Da muss ich Kay recht geben, wenn man auch auf höhere Gewalt schon eine Entschädigung bekommt, dann aber für alle. Bei dem Urteil werden mal wieder die Fluggesellschaften "bevorzugt". Nach dem Urteil müssten aber die Fluggesellschaften auch bezahlen, denn nach dem Zitat aus dem Tagesspiegel "Verspätung ist Verspätung" müssten die Fluggesellschaften gleich behandelt werden und dadurch auch eine Entschädigung den Kunden auszahlen. Das ist ja nicht das erste mal das die Bahn benachteiligt wird.
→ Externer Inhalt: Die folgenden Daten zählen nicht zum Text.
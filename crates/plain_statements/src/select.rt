//! Which selects are plain.

ghost use Rattle.std.specs.Prelude.{◌≡◌, ◌∷◌, [], ◌↔◌, IsTrue, length, IfOk};
ghost use Rattle.std.specs.List.{list_all, list_any};
ghost use Rattle.expr_types.specs.Level as level;
ghost use Rattle.sql_semantics.specs.Plain as plain;
ghost use Rattle.sql_semantics.specs.Plain.{IsPlainSelect};
ghost use Rattle.expr_scopes.specs.Scopes as scopes;
ghost use Rattle.plain_statements.specs.Tested as spec;

use crate::standing::{Sources, is_filter, stands, stands_as};
use base_core::{Kind, TableId};
use expr_scopes::{Grouping, are_distinct, is_known, settled};
use expr_types::{Expr, Select};
use expr_typing::has_aggregate;
use schema_core::Schema;
use std::alloc::{AllocError, Global};

/// The sources of a select, in order.
fn sources_of(alloc: Global, schema: &Schema, select: &Select) -> Result<Sources, AllocError>
    ensures tables { IfOk result (λ around. around.tables.items
        ≡ spec.tables_of (plain.sources_of select.now)) }
    ensures names { IfOk result (λ around. around.names.items
        ≡ spec.names_of schema.now (plain.sources_of select.now)) }
{
    let mut around = Sources::new(alloc);
    around.enter(alloc, schema, &select.first)?;
    for join in select.joins.as_slice() {
        around.enter(alloc, schema, &join.origin)?;
    }
    Ok(around)
}

/// Whether the condition of each join stands under the sources up to its own.
fn are_joined(alloc: Global, schema: &Schema, select: &Select) -> Result<bool, AllocError>
    ensures { IfOk result (λ joined. joined ≡ spec.are_joined schema.now
        (select.now.first.table ∷ []) (plain.name_of schema.now select.now.first ∷ [])
        select.now.joins) }
{
    let mut around = Sources::new(alloc);
    around.enter(alloc, schema, &select.first)?;
    for join in select.joins.as_slice() {
        around.enter(alloc, schema, &join.origin)?;
        if !is_filter(alloc, schema, &around, &join.on)? {
            return Ok(false);
        }
    }
    Ok(true)
}

/// Whether each expression stands, whatever is beside it.
fn pairs_stand<B>(
    alloc: Global,
    schema: &Schema,
    around: &Sources,
    pairs: &[(Expr, B)],
) -> Result<bool, AllocError>
    ensures { IfOk result (λ placed. placed ≡ list_all (λ pair. spec.stands schema.now
        around.now.tables.items around.now.names.items pair.0) pairs.now) }
{
    for pair in pairs {
        if !stands(alloc, schema, around, &pair.0)? {
            return Ok(false);
        }
    }
    Ok(true)
}

fn are_groups(
    alloc: Global,
    schema: &Schema,
    around: &Sources,
    groups: &[Expr],
) -> Result<bool, AllocError>
    ensures { IfOk result (λ placed. placed ≡ list_all
        (spec.is_group schema.now around.now.tables.items around.now.names.items) groups.now) }
{
    for group in groups {
        if has_aggregate(group) || !stands(alloc, schema, around, group)? {
            return Ok(false);
        }
    }
    Ok(true)
}

/// Whether there is no condition, or one on rows.
pub(crate) fn is_filtered(
    alloc: Global,
    schema: &Schema,
    around: &Sources,
    filter: &Option<Expr>,
) -> Result<bool, AllocError>
    ensures { IfOk result (λ placed. placed ≡ spec.if_set
        (spec.is_filter schema.now around.now.tables.items around.now.names.items) filter.now) }
{
    match filter {
        Some(e) => is_filter(alloc, schema, around, e),
        None => Ok(true),
    }
}

/// Whether there is no condition on groups, or one that stands.
fn is_having(
    alloc: Global,
    schema: &Schema,
    around: &Sources,
    having: &Option<Expr>,
) -> Result<bool, AllocError>
    ensures { IfOk result (λ placed. placed ≡ spec.if_set
        (spec.is_condition schema.now around.now.tables.items around.now.names.items) having.now) }
{
    match having {
        Some(e) => stands_as(alloc, schema, around, Kind::Boolean, e),
        None => Ok(true),
    }
}

fn are_placed(
    alloc: Global,
    schema: &Schema,
    around: &Sources,
    select: &Select,
) -> Result<bool, AllocError>
    ensures { IfOk result (λ placed. placed
        ≡ spec.are_placed schema.now around.now.tables.items around.now.names.items select.now) }
{
    if !is_filtered(alloc, schema, around, &select.filter)?
        || !is_having(alloc, schema, around, &select.having)?
        || !pairs_stand(alloc, schema, around, select.items.as_slice())?
        || !are_groups(alloc, schema, around, select.groups.as_slice())?
    {
        return Ok(false);
    }
    pairs_stand(alloc, schema, around, select.order.as_slice())
}

/// Whether an aggregate stands in one of the expressions, whatever is beside them.
fn some_gathers<B>(pairs: &[(Expr, B)]) -> bool
    ensures { result ≡ list_any (λ pair. level.has_aggregate pair.0) pairs.now }
{
    for pair in pairs {
        if has_aggregate(&pair.0) {
            return true;
        }
    }
    false
}

/// Whether the query has one row for each group.
fn groups_rows(select: &Select) -> bool
    ensures { result ≡ spec.groups_rows select.now }
{
    select.groups.len() > 0
        || select.having.is_some()
        || some_gathers(select.items.as_slice())
        || some_gathers(select.order.as_slice())
}

fn is_settled(query: &Grouping<'_>, e: &Option<Expr>) -> bool
    ensures { result ≡ spec.if_set
        (plain.is_well_grouped query.now.grouped query.now.groups.now query.now.own) e.now }
{
    match e {
        Some(e) => settled(query, e),
        None => true,
    }
}

/// Whether each expression is settled, whatever is beside it.
fn pairs_settled<B>(query: &Grouping<'_>, pairs: &[(Expr, B)]) -> bool
    ensures { result ≡ list_all (λ pair. plain.is_well_grouped query.now.grouped query.now.groups.now
        query.now.own pair.0) pairs.now }
{
    for pair in pairs {
        if !settled(query, &pair.0) {
            return false;
        }
    }
    true
}

/// Whether what is evaluated for each row or group is settled.
fn are_settled(query: &Grouping<'_>, select: &Select) -> bool
    ensures { result
        ≡ spec.are_settled query.now.grouped query.now.groups.now query.now.own select.now }
{
    is_settled(query, &select.having)
        && pairs_settled(query, select.items.as_slice())
        && pairs_settled(query, select.order.as_slice())
}

/// Whether the columns and aggregates of what is evaluated for each row or group stand where groups let them: aggregates in
/// no other one and in no `exists`, and in a grouped query the columns of its sources in aggregates and in occurrences of
/// its group expressions alone.
#[tactic(auto, using(crate::proofs::Selects::select_settled))]
pub fn is_settled_select(select: &Select) -> bool
    ensures { result ≡ list_all
        (plain.is_well_grouped (plain.is_grouped select.now) select.now.groups (length (plain.sources_of select.now)))
        (plain.and_having select.now.having (plain.outputs select.now)) }
{
    let query = Grouping {
        grouped: groups_rows(select),
        groups: select.groups.as_slice(),
        own: select.joins.as_slice().len() + 1,
    };
    are_settled(&query, select)
}

fn all_known(schema: &Schema, tables: &[TableId]) -> bool
    ensures { result ≡ list_all (scopes.is_known schema.now) tables.now }
{
    for table in tables {
        if !is_known(schema, *table) {
            return false;
        }
    }
    true
}

fn is_limit(count: Option<u64>) -> bool
    ensures { result ≡ plain.is_limit count }
{
    match count {
        Some(count) => count < 1 << 63,
        None => true,
    }
}

fn is_plain_under(
    alloc: Global,
    schema: &Schema,
    around: &Sources,
    select: &Select,
) -> Result<bool, AllocError>
    ensures { IfOk result (λ plain. plain
        ≡ spec.plain_under schema.now around.now.tables.items around.now.names.items select.now) }
{
    let query = Grouping {
        grouped: groups_rows(select),
        groups: select.groups.as_slice(),
        own: around.tables.len(),
    };
    if !all_known(schema, around.tables.as_slice())
        || !are_distinct(around.names.as_slice())
        || !are_settled(&query, select)
    {
        return Ok(false);
    }
    are_placed(alloc, schema, around, select)
}

fn plain_select(alloc: Global, schema: &Schema, select: &Select) -> Result<bool, AllocError>
    ensures { IfOk result (λ plain. plain ≡ spec.plain_select schema.now select.now) }
{
    if !is_limit(select.limit) || !is_limit(select.offset) {
        return Ok(false);
    }
    let around = sources_of(alloc, schema, select)?;
    if !is_plain_under(alloc, schema, &around, select)? {
        return Ok(false);
    }
    are_joined(alloc, schema, select)
}

/// Whether a select is plain: well typed and in normal form, with every part where SQL lets it stand. Its tables are
/// declared and its sources have names of their own; each column is there, each join's condition names the sources up to
/// its own, `where`, `on` and `group by` have no aggregate, and a grouped query has the columns of its sources in
/// aggregates and in its group expressions alone. `limit` and `offset` are below 2^63.
#[tactic(auto, using(crate::proofs::Selects::select_decided))]
pub fn is_plain_select(alloc: Global, schema: &Schema, select: &Select) -> Result<bool, AllocError>
    ensures { IfOk result (λ plain. IsTrue plain ↔ IsPlainSelect schema.now select.now) }
{
    Ok(plain_select(alloc, schema, select)?)
}
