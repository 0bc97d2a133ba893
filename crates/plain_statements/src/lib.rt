//! Which statements are plain: well typed and in normal form, with every part where SQL lets it stand.
#![tactic(auto)]

mod bulk;
mod select;
mod standing;
mod statement;

pub use bulk::{is_fitting_bulk, is_plain_bulk};
pub use select::{is_plain_select, is_settled_select};
pub use statement::is_plain;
Da muss man aber auch die Bahn mal loben, denn bei Entschädigungzahlungen ist die Bahn eigentlich sehr schnell. Nicht so wie bei vielen Fluggesellschaften da wartet man oft sehr lange bis man seine Entschädigung zugesprochen bekommt.

Gruß Matthias


Nun ja, wahrscheinlich liegt darin auch eine Chance. Neben zu vollen Zügen ist die Unsicherheit, dass man auch ankommt, das wohl zweitgrößte Hindernis.

Teuerer wird es sicherlich, wenn man Züge wieder besser warten muss, Wälder links und rechts der Strecke pflegen, Nadelöhre entschärfen etc.

Aber eine zuverlässigere Bahn zieht mehr Fahrgäste an, wollten wir das nicht alle?